Seed World

Ksenija Gasic’s Adventures in Peach Breeding

Ksenija Gasic is a stone fruit breeder and incoming president of the National Association of Plant Breeders. She sat down to talk about her latest research and her vision for the NAPB as she fills the president’s chair. The NAPB is holding its virtual meeting this week, hosted by Cornell University.

“The formation of the NAPB was actually an excellent idea, because now we finally had a home for all plant breeders, private and public to get together and fight for plant breeding needs,” she says.

“Coming in as president, I have big shoes to fill. Everything I’ve done in my life kind of was focused on fruit breeding. Learning about problems and issues in the wider breeding world has opened my eyes to the problems that we face as a plant breeding community. We need to continue with the increase in our membership and also upgrading our website.”

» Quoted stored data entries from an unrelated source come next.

// How the words are read: each number by its place, 0 past the end of the slice. One that does not fit 8 bits, or 16, is read as the
// largest that does.
ghost use Rattle.std.specs.Prelude.{◌≡◌, ◌+◌, ◌≤◌};
ghost use Rattle.words.specs.Words.{state_words, number_in, event_in, refreshes_in, register_in, startup_in, burst_in, masks_in, bus_in, core_in, status_in, bank_in, banks_in};

use bursts::{Burst, Bus, Masks};
use rules::{Bank, Core, Refreshes, Register, StartUp, Status};
use std::array;
use units::{Clock, Ps};

// Number i, or 0 past the end.
fn number(words: &[u64], i: usize) -> u64
    ensures { result ≡ number_in words.now i }
{
    words.get(i).copied().unwrap_or(0)
}

// A kind and a clock, from place i on.
#[tactic(auto, unfolding(crate::specs::Words::event_in))]
fn event(words: &[u64], i: usize) -> Option<Clock>
    requires { i + 2 ≤ state_words }
    ensures { result ≡ event_in words.now i }
{
    let n = Clock(number(words, i + 1));
    match number(words, i) {
        0 => None,
        _ => Some(n),
    }
}

#[tactic(auto, unfolding(crate::specs::Words::refreshes_in))]
fn refreshes(words: &[u64]) -> Refreshes
    ensures { result ≡ refreshes_in words.now }
{
    let n = Clock(number(words, 10));
    match number(words, 9) {
        0 => Refreshes::Zero,
        1 => Refreshes::One(n),
        _ => Refreshes::Two(n),
    }
}

#[tactic(auto, unfolding(crate::specs::Words::register_in, crate::specs::Words::middle))]
fn register(words: &[u64]) -> Option<Register>
    ensures { result ≡ register_in words.now }
{
    let word = u16::try_from(number(words, 12)).unwrap_or(u16::MAX);
    let clock = Clock(number(words, 13));
    match number(words, 11) {
        0 => None,
        _ => Some(Register { word, clock }),
    }
}

#[tactic(auto, unfolding(crate::specs::Words::startup_in))]
fn startup(words: &[u64]) -> StartUp
    ensures { result ≡ startup_in words.now }
{
    StartUp {
        allclosed: event(words, 7),
        refreshes: refreshes(words),
        register: register(words),
    }
}

// The burst whose nine numbers begin at `at`.
#[tactic(auto, unfolding(crate::specs::Words::burst_in, crate::specs::Words::flag, crate::specs::Words::small, crate::specs::Words::middle))]
fn burst(words: &[u64], at: usize) -> Burst
    requires { at + 9 ≤ state_words }
    ensures { result ≡ burst_in words.now at }
{
    Burst {
        live: number(words, at) != 0,
        auto: number(words, at + 1) != 0,
        bank: u8::try_from(number(words, at + 2)).unwrap_or(u8::MAX),
        row: u16::try_from(number(words, at + 3)).unwrap_or(u16::MAX),
        column: u16::try_from(number(words, at + 4)).unwrap_or(u16::MAX),
        start: Clock(number(words, at + 5)),
        cut: event(words, at + 6),
        word: u16::try_from(number(words, at + 8)).unwrap_or(u16::MAX),
    }
}

#[tactic(auto, unfolding(crate::specs::Words::masks_in, crate::specs::Words::small))]
fn masks(words: &[u64]) -> Masks
    ensures { result ≡ masks_in words.now }
{
    Masks {
        first: u8::try_from(number(words, 59)).unwrap_or(u8::MAX),
        second: u8::try_from(number(words, 60)).unwrap_or(u8::MAX),
        third: u8::try_from(number(words, 61)).unwrap_or(u8::MAX),
    }
}

#[tactic(auto, unfolding(crate::specs::Words::bus_in))]
fn bus(words: &[u64]) -> Bus
    ensures { result ≡ bus_in words.now }
{
    Bus {
        write: burst(words, 14),
        reads: array::from_fn(|i| burst(words, 23 + 9 * i)),
        masks: masks(words),
    }
}

#[tactic(auto, unfolding(crate::specs::Words::core_in, crate::specs::Words::small, crate::specs::Words::middle))]
pub fn core(words: &[u64]) -> Core
    ensures { result ≡ core_in words.now }
{
    Core {
        period: Ps(number(words, 0)),
        grade: u8::try_from(number(words, 1)).unwrap_or(u8::MAX),
        bank: u8::try_from(number(words, 2)).unwrap_or(u8::MAX),
        row: u16::try_from(number(words, 3)).unwrap_or(u16::MAX),
        number: number(words, 4),
        last: event(words, 5),
        startup: startup(words),
        bus: bus(words),
    }
}

// A kind, the row and the ACTIVE clock of an open bank, and the closing time of a closed one, from place `at` on.
#[tactic(auto, unfolding(crate::specs::Words::status_in, crate::specs::Words::middle))]
fn status(words: &[u64], at: usize) -> Status
    requires { at + 4 ≤ state_words }
    ensures { result ≡ status_in words.now at }
{
    let row = u16::try_from(number(words, at + 1)).unwrap_or(u16::MAX);
    let active = Clock(number(words, at + 2));
    let closing = Ps(number(words, at + 3));
    match number(words, at) {
        0 => Status::NotStarted,
        1 => Status::Open { row, active },
        _ => Status::Closed { closing },
    }
}

// The bank whose eight numbers begin at `at`.
#[tactic(auto, unfolding(crate::specs::Words::bank_in))]
fn bank(words: &[u64], at: usize) -> Bank
    requires { at + 8 ≤ state_words }
    ensures { result ≡ bank_in words.now at }
{
    Bank {
        status: status(words, at),
        active: event(words, at + 4),
        stored: event(words, at + 6),
    }
}

pub fn banks(words: &[u64]) -> [Bank; 4]
    ensures { result ≡ banks_in words.now }
{
    array::from_fn(|i| bank(words, 62 + 8 * i))
}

Hailing from Serbia, Gasic is looking forward to releasing a new peach variety in the coming few years from her breeding program. She was awarded the 2020 Godley-Snell Award for Excellence in Agricultural Research.

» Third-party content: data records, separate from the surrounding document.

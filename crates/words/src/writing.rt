// The numbers of a state. One that its kind does not use is 0, so that a state is written in one way.
ghost use Rattle.std.specs.Prelude.{◌≡◌, ◌+◌, ◌*◌, ◌≤◌, length, set};
ghost use Rattle.std.proofs.lemmas.List.Edits.{sets};
ghost use Rattle.words.specs.Words.{state_words, event_numbers, refreshes_numbers, register_numbers, status_numbers, startup_numbers, head_numbers, burst_numbers, bursts_numbers, bus_numbers, bank_numbers, banks_numbers};

use bursts::{Burst, Bus};
use rules::{Bank, Core, Refreshes, Register, StartUp, Status};
use units::Clock;

// Its kind and its clock.
fn event_numbers(e: Option<Clock>) -> [u64; 2]
    ensures { result ≡ event_numbers e }
{
    match e {
        None => [0, 0],
        Some(n) => [1, n.0],
    }
}

// How many they are, and the clock of the last.
fn refreshes_numbers(x: Refreshes) -> [u64; 2]
    ensures { result ≡ refreshes_numbers x }
{
    match x {
        Refreshes::Zero => [0, 0],
        Refreshes::One(n) => [1, n.0],
        Refreshes::Two(n) => [2, n.0],
    }
}

// Its kind, the mode word, and the clock of the LOAD MODE.
fn register_numbers(x: Option<Register>) -> [u64; 3]
    ensures { result ≡ register_numbers x }
{
    match x {
        None => [0, 0, 0],
        Some(r) => [1, u64::from(r.word), r.clock.0],
    }
}

// Its kind, the row and the ACTIVE clock of an open bank, the closing time of a closed one.
fn status_numbers(x: Status) -> [u64; 4]
    ensures { result ≡ status_numbers x }
{
    match x {
        Status::NotStarted => [0, 0, 0, 0],
        Status::Open { row, active } => [1, u64::from(row), active.0, 0],
        Status::Closed { closing } => [2, 0, 0, closing.0],
    }
}

// The steps of start-up in seven numbers.
fn startup_numbers(u: StartUp) -> [u64; 7]
    ensures { result ≡ startup_numbers u }
{
    let [closed_kind, closed] = event_numbers(u.allclosed);
    let [refreshes_kind, refresh] = refreshes_numbers(u.refreshes);
    let [register_kind, word, loaded] = register_numbers(u.register);
    [
        closed_kind,
        closed,
        refreshes_kind,
        refresh,
        register_kind,
        word,
        loaded,
    ]
}

// A burst's nine numbers.
fn burst_numbers(b: Burst) -> [u64; 9]
    ensures { result ≡ burst_numbers b }
{
    let [cut_kind, cut] = event_numbers(b.cut);
    [
        u64::from(b.live),
        u64::from(b.auto),
        u64::from(b.bank),
        u64::from(b.row),
        u64::from(b.column),
        b.start.0,
        cut_kind,
        cut,
        u64::from(b.word),
    ]
}

// A bank's eight numbers.
fn bank_numbers(b: Bank) -> [u64; 8]
    ensures { result ≡ bank_numbers b }
{
    let [kind, row, opened, closing] = status_numbers(b.status);
    let [active_kind, active] = event_numbers(b.active);
    let [stored_kind, stored] = event_numbers(b.stored);
    [
        kind,
        row,
        opened,
        closing,
        active_kind,
        active,
        stored_kind,
        stored,
    ]
}

// This number at place `at`, where the slice has it.
fn store(words: &mut [u64], at: usize, n: u64)
    ensures { words.new ≡ set words.old at n }
{
    if at < words.len() {
        words[at] = n;
    }
}

// These numbers from place `at` on, where the slice has their places.
fn store_all(words: &mut [u64], at: usize, numbers: &[u64])
    requires { at + length numbers.now ≤ state_words }
    ensures { words.new ≡ sets words.old at numbers.now }
{
    for (i, n) in numbers.iter().enumerate() {
        store(words, at + i, *n);
    }
}

// The fourteen numbers before the bus.
pub fn put_head(words: &mut [u64], c: Core)
    ensures { words.new ≡ sets words.old 0 (head_numbers c) }
{
    let [kind, last] = event_numbers(c.last);
    let first = [
        c.period.0,
        u64::from(c.grade),
        u64::from(c.bank),
        u64::from(c.row),
        c.number,
        kind,
        last,
    ];
    store_all(words, 0, &first);
    store_all(words, 7, &startup_numbers(c.startup));
}

// The bursts one after another, the first from place `at` on.
fn put_bursts(words: &mut [u64], at: usize, bursts: &[Burst])
    requires { at + 9 * length bursts.now ≤ state_words }
    ensures { words.new ≡ sets words.old at (bursts_numbers bursts.now) }
{
    for (i, burst) in bursts.iter().enumerate() {
        store_all(words, at + 9 * i, &burst_numbers(*burst));
    }
}

// The WRITE, the READs and the masks.
#[tactic(auto, using(crate::proofs::Stores::bus_stored))]
pub fn put_bus(words: &mut [u64], bus: Bus)
    ensures { words.new ≡ sets words.old 14 (bus_numbers bus) }
{
    put_bursts(words, 14, &[bus.write]);
    put_bursts(words, 23, &bus.reads);
    let m = bus.masks;
    let masks = [u64::from(m.first), u64::from(m.second), u64::from(m.third)];
    store_all(words, 59, &masks);
}

// The four banks one after another.
pub fn put_banks(words: &mut [u64], banks: [Bank; 4])
    ensures { words.new ≡ sets words.old 62 (banks_numbers banks) }
{
    for (i, bank) in banks.iter().enumerate() {
        store_all(words, 62 + 8 * i, &bank_numbers(*bank));
    }
}
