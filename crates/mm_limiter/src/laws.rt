//! What a limiter promises of a whole run.

ghost use Rattle.mm_limiter.specs.Promise.{GuessesAreLimited};

/// Between two outputs `set` or `open` that follow each other, and after the last, at most as many
/// guesses are wrong as the request allowed that was told `set`.
pub fn guesses_are_limited()
    ensures { GuessesAreLimited }
{}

Gasic, who works in the plant and environmental sciences department in the College of Agriculture, Forestry and Life Science, develops new stone fruit cultivars with superior product quality and disease resistance. Her work focuses on varieties suited to southeastern U.S. growing conditions.

Gasic also supports the future of fruit crop production by mentoring and advising high school students, undergraduates, graduate students, visiting scientists and post-doctoral research associates, which includes advising 24 undergraduate and nine graduate students.

In addition to her research and teaching success, Gasic focuses much of her energy on imparting knowledge to growers throughout South Carolina and the Southeast.

“Fruit breeding takes time. Fifteen to 20 years is a normal timeline in perennial tree fruit to get a cultivar before you can actually get something released. When I started my breeding program I started from zero, so we really had to work hard to get something we could patent and release. We’re very excited,” she adds.